# Wholesale bully sticks



## Denali Girl (Nov 20, 2010)

OK all you bully stick feeders, where is the cheapest place to buy bully's online? They are crazy in the pet stores. Thanks, Jeff


----------



## Emoore (Oct 9, 2002)

Best place I've found is bestbullysticks.com. Maybe someone else will know a better place.


----------



## Stosh (Jun 26, 2010)

That's where I get them too


----------



## ZAYDA (Apr 22, 2010)

Which ones do you like.


----------



## Denali Girl (Nov 20, 2010)

ZAYDA said:


> Which ones do you like.


 
I guess the 12" as they would last a bit longer than the 4 or 6"


----------



## ZAYDA (Apr 22, 2010)

As everything else I just looked on EBAY and I am thinking there is your best deal.
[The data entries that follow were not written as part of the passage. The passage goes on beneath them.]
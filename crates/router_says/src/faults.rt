//! Words for a file that the system refuses.
ghost use Rattle.std.specs.Prelude.{◌≡◌, ◌++◌, OnOk, option_map, string_bytes};
ghost use Rattle.router_says.specs.Names.{asked, prefix_of, prefix_said};
ghost use Rattle.router_says.specs.Said.{
  about_said,
  error_on,
  error_said,
  refused_said,
  slot_said,
  unread_said,
  unwritten_said,
};
ghost use Rattle.run_outcome.specs.SlotNames.{plain_name, slot_name, width_name};

use crate::names::{Written, files_written};
use crate::phrases::{FILE_STANDARD_OUTPUT, FILE_UNREAD, FILE_UNWRITTEN};
use crate::refused::append_file;
use code_words::system_error;
use route_sweep::FileSlot;
use router_words::Job;
use run_outcome::{Slot, TextFile};
use std::alloc::AllocError;
use std::io::ErrorKind;

/// What kind of error the system gave last, where it gave one.
#[derive(Clone, Copy)]
pub struct SystemErrors {
    /// On a file that was read.
    pub reading: Option<ErrorKind>,
    /// On a file that was written.
    pub writing: Option<ErrorKind>,
    /// On standard output.
    pub saying: Option<ErrorKind>,
}

/// Appends that a file can't be read, and why.
pub(crate) fn append_unread(
    out: &mut String,
    job: Option<Job<'_>>,
    file: TextFile,
    error: Option<ErrorKind>,
) -> Result<(), AllocError>
    ensures { OnOk result (string_bytes out.new
        ≡ string_bytes out.old ++ (about_said (asked job.entry) file ++ unread_said error)) }
{
    append_file(out, job, file)?;
    out.push_str(FILE_UNREAD)?;
    append_error(out, error)
}

/// Appends that what a run writes here can't be written, and why.
pub(crate) fn append_unwritten(
    out: &mut String,
    job: Option<Job<'_>>,
    slot: Slot,
    errors: SystemErrors,
) -> Result<(), AllocError>
    ensures { OnOk result (string_bytes out.new
        ≡ string_bytes out.old ++ unwritten_said (prefix_of (asked job.entry)) slot errors) }
{
    append_refused(out, files_written(job), slot, error_on(slot, errors))
}

// Appends the same by the names of the files that are written, and the error.
fn append_refused(
    out: &mut String,
    written: Option<Written<'_>>,
    slot: Slot,
    error: Option<ErrorKind>,
) -> Result<(), AllocError>
    ensures { OnOk result (string_bytes out.new ≡ string_bytes out.old
        ++ refused_said (option_map prefix_said written.entry) slot error) }
{
    append_slot(out, written, slot)?;
    out.push_str(FILE_UNWRITTEN)?;
    append_error(out, error)
}

// Appends why the system refused it, where it told.
fn append_error(out: &mut String, error: Option<ErrorKind>) -> Result<(), AllocError>
    ensures { OnOk result (string_bytes out.new ≡ string_bytes out.old ++ error_said error) }
{
    let Some(kind) = error else {
        return Ok(());
    };
    out.push_str(": ")?;
    out.push_str(system_error(kind))
}

// The last error of the system on what is written here.
fn error_on(slot: Slot, errors: SystemErrors) -> Option<ErrorKind>
    ensures { result ≡ error_on slot errors }
{
    match slot {
        Slot::Said => errors.saying,
        Slot::File(_) | Slot::Architecture | Slot::Netlist | Slot::Placement | Slot::GlobalRoute =>
            { errors.writing }
    }
}

// Appends what is written here, by its name.
fn append_slot(out: &mut String, written: Option<Written<'_>>, slot: Slot) -> Result<(), AllocError>
    ensures { OnOk result (string_bytes out.new
        ≡ string_bytes out.old ++ slot_said (option_map prefix_said written.entry) slot) }
{
    match written {
        Some(written) => append_slot_name(out, written, slot),
        // A job that writes no files says its lines alone.
        None => out.push_str(FILE_STANDARD_OUTPUT),
    }
}

// Appends the same of a job that writes files.
fn append_slot_name(out: &mut String, written: Written<'_>, slot: Slot) -> Result<(), AllocError>
    ensures { OnOk result (string_bytes out.new
        ≡ string_bytes out.old ++ slot_name (prefix_said written.entry) slot) }
{
    match slot {
        Slot::Said => out.push_str(FILE_STANDARD_OUTPUT),
        Slot::File(FileSlot::Clauses { width }) => append_of_width(out, written, width, ".cnf"),
        Slot::File(FileSlot::Log { width }) => append_of_width(out, written, width, ".lrat"),
        Slot::File(FileSlot::Route) | Slot::GlobalRoute => append_plain(out, written, ".route"),
        Slot::Architecture => append_plain(out, written, ".arch"),
        Slot::Netlist => append_plain(out, written, ".net"),
        Slot::Placement => append_plain(out, written, ".place"),
    }
}

// Appends the name of a file that a job writes once.
fn append_plain(out: &mut String, written: Written<'_>, ending: &str) -> Result<(), AllocError>
    ensures { OnOk result (string_bytes out.new
        ≡ string_bytes out.old ++ plain_name (prefix_said written.entry) ending.now) }
{
    match written {
        Written::One(prefix) => write!(out, "{prefix}{ending}"),
        Written::Each(prefix) => write!(out, "{prefix}{ending}"),
    }
}

// Appends the name of a file that a climb writes at each width.
fn append_of_width(
    out: &mut String,
    written: Written<'_>,
    width: u32,
    ending: &str,
) -> Result<(), AllocError>
    ensures { OnOk result (string_bytes out.new
        ≡ string_bytes out.old ++ width_name (prefix_said written.entry) width ending.now) }
{
    match written {
        Written::One(prefix) => write!(out, "{prefix}{ending}"),
        Written::Each(prefix) => write!(out, "{prefix}.w{width}{ending}"),
    }
}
50 Bully Sticks 12" $70.00 delivered to your door.


----------



## Denali Girl (Nov 20, 2010)

ZAYDA said:


> As everything else I just looked on EBAY and I am thinking there is your best deal.
> 
> 50 Bully Sticks 12" $70.00 delivered to your door.


 
OK thanks I'll check it out right now.


----------



## ZAYDA (Apr 22, 2010)

I say you get 3 other people and buy the thick ones 100 of them for $225.00 and then for $7.00 you can mail each person their 50 Bully Sticks USPS Priority Mail box.


----------



## KatieStanley (Apr 27, 2010)

I love this post! I went to Petsmart to find these darn things bc I hear all about them on here...it was $18.99 (on sale) for THREE! I nearly died! But I hear how long they last, so I bought the damned things (besides, I had Zoe's sweet eyes gazing into my soul asking me to buy them)...I have two mini doxies and Zoe the GSD...they had them gome in 30 min...Gracie- my lil female doxie had hers finished in 10. I'll try buying in bulk for sure!


----------



## Denali Girl (Nov 20, 2010)

KatieStanley said:


> I love this post! I went to Petsmart to find these darn things bc I hear all about them on here...it was $18.99 (on sale) for THREE! I nearly died! But I hear how long they last, so I bought the damned things (besides, I had Zoe's sweet eyes gazing into my soul asking me to buy them)...I have two mini doxies and Zoe the GSD...they had them gome in 30 min...Gracie- my lil female doxie had hers finished in 10. I'll try buying in bulk for sure!


 
LOL no they don't last long and OMG the smell that comes out the other end is utterly amazing!!!!! LMAO, if I could bottle that smell they could use it as a weapon of mass destruction.


----------



## KatieStanley (Apr 27, 2010)

So....THAT'S why my dogs have had TERRIBLE GAS the past couple of days??? Hahahahaha:rofl:


----------



## HeidiW (Apr 9, 2009)

HA!! Then I am not getting them started, what they don't know they wont miss!!


----------



## ZAYDA (Apr 22, 2010)

Well you had me interested but not any more..LOL I use to give my girls the white nyla-bones and it would take them months to get them down to a nub but they cracked 2 of my girls teeth so that was the end of them. 

I have found nothing for them to chew on while they lay around in the house. You almost had me ready to try bully sticks but not any more.


----------



## HeidiW (Apr 9, 2009)

I have been getting these for my gang, and they love them keeps them busy for about an hour a night.I get the small 4 inch ones. Not sure how healthy they are.
Select Grille Rawhide Pressed Bone - Dog.com


----------



## Denali Girl (Nov 20, 2010)

Rawhide is good and I always have given it to my dogs but I don't want them swallowing it, the bully sticks they can swallow but like I said.......smelly.


----------



## Pattycakes (Sep 8, 2010)

I usually get my bullysticks at Costco. Its like $19.99 for a pack of the 12". I usually cut them in half and only give Uschi half of one. No gas problems that way.


----------



## Lucy Dog (Aug 10, 2008)

I get the 12" thick ones from bestbullysticks.com. Best part is they don't even smell. 

It seems like the cheaper quality bully stick are usually the ones that smell the worst to me. I'll gladly pay a little extra money not to have to smell those things.


----------



## Pattycakes (Sep 8, 2010)

The ones from Costco don't have a smell either.


----------



## Osjones6 (Oct 19, 2012)

*Bully sticks*

https://allnaturalbullysticks.com is a good site for bully sticks


----------



## PatchonGSD (Jun 27, 2012)

I'm sorry-no way I'm shelling out that much money for a stinky bull weener. nope.


----------



## Magwart (Jul 8, 2012)

Aw, Patch, just splurge on _one_ at a pet supply, and then you won't hesitate to order them online--the look of pure _bliss _on Balen's face will convince you. There is _nothing _I can give my dogs that sends them into nirvana the way those things do. Yes, they stink. Yes, they're expensive. They are special treats around here! (I order from bestbullysticks.com too -- get on their email list, as they have good sales.)

Doggyloot.com periodically has 10 for $18, incl. shipping, but they are the smaller ones (I'm pretty sure they are from bestbullysticks too).


----------